Task statement: Each line of the entries below that holds "PartFault" is needed, copied in full.

Data supplied:
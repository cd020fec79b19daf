// No code: the link between the rules and the free router (proofs/), and demand 3 of the router that steps (specs/).
#![tactic(auto)]
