//! The journal of a report, read back from its text.
//!
//! `specs/` says how each line is read, and which journals can be read back: those whose lines, as dw_print defines them,
//! are read as what they were printed from.
#![tactic(auto)]

mod faults;
mod laws;
mod read_events;
mod read_fields;
mod read_parts;
mod read_refusals;
mod reading;

pub use faults::ReportFault;
pub use laws::{
    legal_answers_have_words, one_reading, printed_reports_are_read, read_parts_are_printed,
};
pub use reading::{ReadReport, read_report};

#[cfg(test)]
mod reading_tests;
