/// The rest of a line that says that a statement waits.
#[tactic(auto, unfolding(crate::specs::EventReading::wait_at))]
fn read_wait(alloc: Global, bytes: &[u8]) -> Result<(Event, &[u8]), LineFault>
    ensures { Gives (λ x. (x.0, x.1.now)) result (wait_at bytes.now) }
{
    let ((session, statement), rest) = read_statement(bytes)?;
    let rest = read_label(rest, " for")?;
    let (holders, rest) = read_sessions(alloc, rest)?;
    let rest = read_label(rest, "\n")?;
    Ok((
        Event::Wait {
            session,
            statement,
            holders,
        },
        rest,
    ))
}

/// The rest of a line that says that a statement is opened.
#[tactic(auto, unfolding(crate::specs::EventReading::open_at))]
fn read_open(bytes: &[u8]) -> Result<(Event, &[u8]), LineFault>
    ensures { Gives (λ x. (x.0, x.1.now)) result (open_at bytes.now) }
{
    let ((session, statement), rest) = read_statement(bytes)?;
    let (snapshot, rest) = read_long_after(rest, " snapshot ")?;
    let rest = read_label(rest, " ")?;
    let (route, rest) = read_route(rest)?;
    let rest = read_label(rest, "\n")?;
    Ok((
        Event::Opened {
            session,
            statement,
            snapshot,
            route,
        },
        rest,
    ))
}

/// The rest of a line that says that a transaction is committed.
#[tactic(auto, unfolding(crate::specs::EventReading::commit_at))]
fn read_commit(bytes: &[u8]) -> Result<(Event, &[u8]), LineFault>
    ensures { Gives (λ x. (x.0, x.1.now)) result (commit_at bytes.now) }
{
    let ((session, statement), rest) = read_statement(bytes)?;
    let (stamp, rest) = read_long_after(rest, " stamp ")?;
    let (low, rest) = read_long_after(rest, " low ")?;
    let (high, rest) = read_long_after(rest, " high ")?;
    let rest = read_label(rest, "\n")?;
    Ok((
        Event::Commit {
            session,
            statement,
            stamp,
            low,
            high,
        },
        rest,
    ))
}
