//! Laws about reports that are read: calls that do nothing, whose contracts speak of every text and every journal.
ghost use Rattle.std.specs.Prelude.{◌≡◌, ◌++◌, ℕ, List as Items, Ok, Some, decimal, true};
ghost use Rattle.std.specs.List.{AllByRecursion};
ghost use Rattle.std.specs.Str.{IsUtf8};
ghost use Rattle.dw_model.specs.Databases.{Tables};
ghost use Rattle.dw_journal.specs.declared.Journal.{Journal as Events};
ghost use Rattle.dw_journal.specs.declared.Shape.{Shape as WarehouseShape};
ghost use Rattle.dw_journal.specs.declared.World.{World as Beside};
ghost use Rattle.dw_journal.specs.Legal.{IsLegal};
ghost use Rattle.dw_value.specs.declared.values.Field.{Field as Shown};
ghost use Rattle.dw_print.specs.Events.{journal_lines};
ghost use Rattle.dw_print.specs.Fields.{field, numbers_text, shown_field};
ghost use Rattle.dw_print.specs.Report.{header, report_of, serial_line};
ghost use Rattle.dw_print.specs.Rows.{fields_line, names_line};
ghost use Rattle.dw_print.specs.Tables.{tables_lines};
ghost use Rattle.dw_print.specs.Typed.{IsShort, IsTypedField};
ghost use Rattle.dw_read_report.specs.Items.{EachHasItems};
ghost use Rattle.dw_read_report.specs.Readable.{AreReadable, HasReportWords, IsFromTo, IsReadable, IsWithinLimits};
ghost use Rattle.dw_read_report.specs.Reading.{names_at, number_at, row_at, sessions_at, shown_at, text_at};
ghost use Rattle.dw_read_report.specs.ReportReading.{ends_journal, journal_at, shape_at};

/// What is read stands at the front of the bytes just as it is printed, and it fits: numbers, names, fields and lists of
/// sessions, the lines of an answer's names and rows, and the first line of a report.
pub fn read_parts_are_printed()
    ensures numbers { (least most number : ℕ) (bytes rest : Items ℕ) → number_at least most bytes ≡ Some (number, rest) →
        (bytes ≡ decimal number ++ rest) × IsFromTo least most number }
    ensures texts { (bytes rest text : Items ℕ) → text_at bytes ≡ Some (text, rest) →
        (bytes ≡ field text ++ rest) × IsUtf8 text }
    ensures fields { (bytes rest : Items ℕ) (shown : Shown) → shown_at bytes ≡ Some (shown, rest) →
        (bytes ≡ shown_field shown ++ rest) × IsTypedField shown }
    ensures sessions { (bytes rest sessions : Items ℕ) → sessions_at bytes ≡ Some (sessions, rest) →
        (bytes ≡ numbers_text sessions ++ rest) × AllByRecursion IsShort sessions }
    ensures names { (bytes rest : Items ℕ) (names : Items (Items ℕ)) → names_at bytes ≡ Some (names, rest) →
        (bytes ≡ names_line names ++ rest) × AreReadable IsUtf8 names }
    ensures rows { (bytes rest : Items ℕ) (row : Items Shown) → row_at bytes ≡ Some (row, rest) →
        (bytes ≡ fields_line row ++ rest) × AreReadable IsTypedField row }
    ensures shape { (bytes rest : Items ℕ) (shape : WarehouseShape) → shape_at bytes ≡ Some (shape, rest) →
        (bytes ≡ header shape ++ rest) × IsWithinLimits shape }
{}

/// The report of each readable journal, beside whatever tables and stamps, is read back to that journal, and the lines
/// of the tables and the serial line are left. So are its first line and its events read back before any other bytes
/// that are none or begin with `tables`.
pub fn printed_reports_are_read()
    ensures reports { (journal : Events) (tables : Tables) (stamps : Items ℕ) → IsReadable journal →
        journal_at (report_of journal tables stamps) ≡ Ok (journal, tables_lines tables ++ serial_line stamps) }
    ensures journals { (journal : Events) (rest : Items ℕ) → IsReadable journal → ends_journal rest ≡ true →
        journal_at (header journal.shape ++ journal_lines 1 journal.events ++ rest) ≡ Ok (journal, rest) }
{}

/// Two readable journals are equal where their lines, each before bytes that are none or begin with `tables`, are the
/// same bytes; and so are the bytes after their lines.
pub fn one_reading()
    ensures { (a b : Events) (x y : Items ℕ) → IsReadable a → IsReadable b →
        ends_journal x ≡ true → ends_journal y ≡ true →
        header a.shape ++ journal_lines 1 a.events ++ x ≡ header b.shape ++ journal_lines 1 b.events ++ y →
        (a ≡ b) × (x ≡ y) }
{}

/// The answers of a legal journal have the words of their forms, and those with rows have names and fields, where each
/// SELECT of the scripts has an item; and what passes has the words of a statement that may have nothing to do. So a legal
/// journal of such scripts is readable where its numbers and texts are of the types of their fields, and its shape is
/// within its limits.
pub fn legal_answers_have_words()
    ensures { (world : Beside) (journal : Events) → EachHasItems world → IsLegal world journal → HasReportWords journal }
{}
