//! Why a report, or a part of it, wasn't read.
ghost use Rattle.std.specs.Prelude.{◌≡◌};
ghost use Rattle.dw_read_report.specs.declared.faults.LineFault.TheVariants.{Memory};
ghost use Rattle.dw_read_report.specs.declared.faults.PartFault.TheVariants as part;

use std::alloc::{AllocError, AllocFailed};
use thiserror::Error;

/// Why a part of a line wasn't read.
#[derive(Clone, Copy, Debug, Drop)]
pub enum LineFault {
    /// The bytes don't begin with such a part.
    Bad,
    /// Memory ran out.
    Memory,
}

impl From<AllocError> for LineFault {
    ghost from_gives = { λ _ fault. fault ≡ Memory };

    fn from(_error: AllocError) -> LineFault {
        LineFault::Memory
    }
}

impl<T: Drop> From<AllocFailed<T>> for LineFault {
    ghost from_gives = { λ _ fault. fault ≡ Memory };

    fn from(_error: AllocFailed<T>) -> LineFault {
        LineFault::Memory
    }
}

/// Why some lines weren't read.
#[derive(Clone, Copy, Debug, Drop)]
pub enum PartFault {
    /// A line isn't one of the report's: the one that begins, or should begin, so many bytes before the end.
    Bad { left: usize },
    /// Memory ran out.
    Memory,
}

impl From<AllocError> for PartFault {
    ghost from_gives = { λ _ fault. fault ≡ part.Memory };

    fn from(_error: AllocError) -> PartFault {
        PartFault::Memory
    }
}

impl<T: Drop> From<AllocFailed<T>> for PartFault {
    ghost from_gives = { λ _ fault. fault ≡ part.Memory };

    fn from(_error: AllocFailed<T>) -> PartFault {
        PartFault::Memory
    }
}

/// Why a report's journal wasn't read.
#[derive(Clone, Copy, Debug, PartialEq, Eq, Drop, Error)]
pub enum ReportFault {
    /// This line, counted from 1, is the first that isn't one of a report's journal.
    #[error("bad journal at line {line}")]
    Bad { line: u64 },
    /// Memory ran out.
    #[error("out of memory")]
    Memory,
}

Answer space:
ghost use Rattle.dw_read_report.specs.declared.faults.PartFault.TheVariants as part;
pub enum PartFault {
impl From<AllocError> for PartFault {
    fn from(_error: AllocError) -> PartFault {
        PartFault::Memory
impl<T: Drop> From<AllocFailed<T>> for PartFault {
    fn from(_error: AllocFailed<T>) -> PartFault {
        PartFault::Memory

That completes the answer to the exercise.